Copy exactly the lines of the data below that run from the line holding "(Ty::Int(_), [Value::Lane(a), Value::Lane(b)])" through the line holding "let source = from.lane_width();", both ends included.

[Source records]
━━━━━━━━━━━━━━━━━━━━

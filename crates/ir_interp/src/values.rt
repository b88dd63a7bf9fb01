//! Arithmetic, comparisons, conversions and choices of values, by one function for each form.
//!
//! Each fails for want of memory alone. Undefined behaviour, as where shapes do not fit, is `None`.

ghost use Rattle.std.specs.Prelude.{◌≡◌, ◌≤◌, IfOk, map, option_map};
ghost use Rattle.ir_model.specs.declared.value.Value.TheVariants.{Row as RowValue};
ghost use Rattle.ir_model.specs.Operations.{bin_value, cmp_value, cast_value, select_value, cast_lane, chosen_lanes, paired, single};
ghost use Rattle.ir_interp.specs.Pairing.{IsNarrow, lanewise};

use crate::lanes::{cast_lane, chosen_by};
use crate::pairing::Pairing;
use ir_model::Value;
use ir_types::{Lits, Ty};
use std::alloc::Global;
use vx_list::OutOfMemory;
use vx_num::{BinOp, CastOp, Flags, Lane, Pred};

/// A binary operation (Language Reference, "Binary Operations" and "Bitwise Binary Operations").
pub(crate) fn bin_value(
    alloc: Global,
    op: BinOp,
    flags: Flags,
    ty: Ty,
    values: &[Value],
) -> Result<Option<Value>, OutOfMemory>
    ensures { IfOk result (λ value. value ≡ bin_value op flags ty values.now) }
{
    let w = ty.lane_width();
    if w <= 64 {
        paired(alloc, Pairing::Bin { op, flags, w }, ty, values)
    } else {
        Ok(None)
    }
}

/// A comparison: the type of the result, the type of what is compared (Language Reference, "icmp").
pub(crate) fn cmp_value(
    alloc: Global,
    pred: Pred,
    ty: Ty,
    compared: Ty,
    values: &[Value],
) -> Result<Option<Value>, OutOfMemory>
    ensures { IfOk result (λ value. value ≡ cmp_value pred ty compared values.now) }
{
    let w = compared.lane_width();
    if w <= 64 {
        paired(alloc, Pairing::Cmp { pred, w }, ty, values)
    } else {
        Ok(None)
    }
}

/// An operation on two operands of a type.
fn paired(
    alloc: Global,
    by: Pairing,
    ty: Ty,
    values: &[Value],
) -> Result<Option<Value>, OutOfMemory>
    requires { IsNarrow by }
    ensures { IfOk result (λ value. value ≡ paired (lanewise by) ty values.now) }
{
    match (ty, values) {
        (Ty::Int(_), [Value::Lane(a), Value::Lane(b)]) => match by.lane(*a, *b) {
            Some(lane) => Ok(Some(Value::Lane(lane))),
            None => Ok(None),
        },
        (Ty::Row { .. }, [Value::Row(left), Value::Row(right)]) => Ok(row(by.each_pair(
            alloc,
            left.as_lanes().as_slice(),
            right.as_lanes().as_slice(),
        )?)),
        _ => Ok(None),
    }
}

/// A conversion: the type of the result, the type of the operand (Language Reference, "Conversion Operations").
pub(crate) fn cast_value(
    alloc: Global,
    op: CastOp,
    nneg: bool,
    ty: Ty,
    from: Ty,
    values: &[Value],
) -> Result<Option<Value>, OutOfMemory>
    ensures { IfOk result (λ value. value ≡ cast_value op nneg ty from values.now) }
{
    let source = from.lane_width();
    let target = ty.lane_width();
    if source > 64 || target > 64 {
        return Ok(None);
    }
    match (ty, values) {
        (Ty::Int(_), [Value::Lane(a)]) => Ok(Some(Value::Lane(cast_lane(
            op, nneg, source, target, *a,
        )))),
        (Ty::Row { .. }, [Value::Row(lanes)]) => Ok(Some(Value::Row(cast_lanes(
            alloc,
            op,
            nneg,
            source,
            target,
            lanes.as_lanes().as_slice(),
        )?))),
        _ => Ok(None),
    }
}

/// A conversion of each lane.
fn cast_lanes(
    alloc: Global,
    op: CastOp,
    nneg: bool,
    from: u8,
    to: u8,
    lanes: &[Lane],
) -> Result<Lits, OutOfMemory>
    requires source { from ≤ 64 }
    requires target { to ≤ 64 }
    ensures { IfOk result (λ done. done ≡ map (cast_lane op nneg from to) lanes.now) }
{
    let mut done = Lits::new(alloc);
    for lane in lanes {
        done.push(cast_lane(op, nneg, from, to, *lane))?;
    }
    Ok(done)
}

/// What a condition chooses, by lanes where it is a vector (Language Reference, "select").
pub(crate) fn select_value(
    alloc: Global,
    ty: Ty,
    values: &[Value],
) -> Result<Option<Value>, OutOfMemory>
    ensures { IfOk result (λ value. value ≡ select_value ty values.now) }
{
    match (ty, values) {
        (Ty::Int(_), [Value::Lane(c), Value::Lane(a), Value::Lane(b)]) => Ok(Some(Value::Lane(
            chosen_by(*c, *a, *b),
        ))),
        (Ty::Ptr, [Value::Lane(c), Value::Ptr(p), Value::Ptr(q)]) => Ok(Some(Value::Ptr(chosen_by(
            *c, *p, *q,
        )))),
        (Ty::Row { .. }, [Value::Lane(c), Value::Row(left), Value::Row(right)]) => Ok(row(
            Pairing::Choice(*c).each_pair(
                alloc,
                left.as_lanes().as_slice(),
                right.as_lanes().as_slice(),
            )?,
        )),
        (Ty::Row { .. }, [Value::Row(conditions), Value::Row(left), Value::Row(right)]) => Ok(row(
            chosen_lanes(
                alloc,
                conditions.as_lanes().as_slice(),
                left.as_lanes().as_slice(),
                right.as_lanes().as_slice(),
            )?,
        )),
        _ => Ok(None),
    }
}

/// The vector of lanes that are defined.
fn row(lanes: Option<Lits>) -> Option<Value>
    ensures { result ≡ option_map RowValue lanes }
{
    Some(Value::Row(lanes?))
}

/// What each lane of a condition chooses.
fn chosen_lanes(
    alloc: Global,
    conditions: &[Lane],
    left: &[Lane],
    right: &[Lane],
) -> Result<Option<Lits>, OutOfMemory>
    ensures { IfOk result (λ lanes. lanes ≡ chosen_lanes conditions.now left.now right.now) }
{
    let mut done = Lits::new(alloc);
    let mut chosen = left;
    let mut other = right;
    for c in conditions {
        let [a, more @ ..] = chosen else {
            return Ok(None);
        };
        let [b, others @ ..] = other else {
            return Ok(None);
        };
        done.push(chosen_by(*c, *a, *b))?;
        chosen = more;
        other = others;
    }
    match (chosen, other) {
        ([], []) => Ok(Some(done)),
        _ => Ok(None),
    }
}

━━━━━━━━━━━━━━━━━━━━

• Solution:
        (Ty::Int(_), [Value::Lane(a), Value::Lane(b)]) => match by.lane(*a, *b) {
            Some(lane) => Ok(Some(Value::Lane(lane))),
            None => Ok(None),
        },
        (Ty::Row { .. }, [Value::Row(left), Value::Row(right)]) => Ok(row(by.each_pair(
            alloc,
            left.as_lanes().as_slice(),
            right.as_lanes().as_slice(),
        )?)),
        _ => Ok(None),
    }
}

/// A conversion: the type of the result, the type of the operand (Language Reference, "Conversion Operations").
pub(crate) fn cast_value(
    alloc: Global,
    op: CastOp,
    nneg: bool,
    ty: Ty,
    from: Ty,
    values: &[Value],
) -> Result<Option<Value>, OutOfMemory>
    ensures { IfOk result (λ value. value ≡ cast_value op nneg ty from values.now) }
{
    let source = from.lane_width();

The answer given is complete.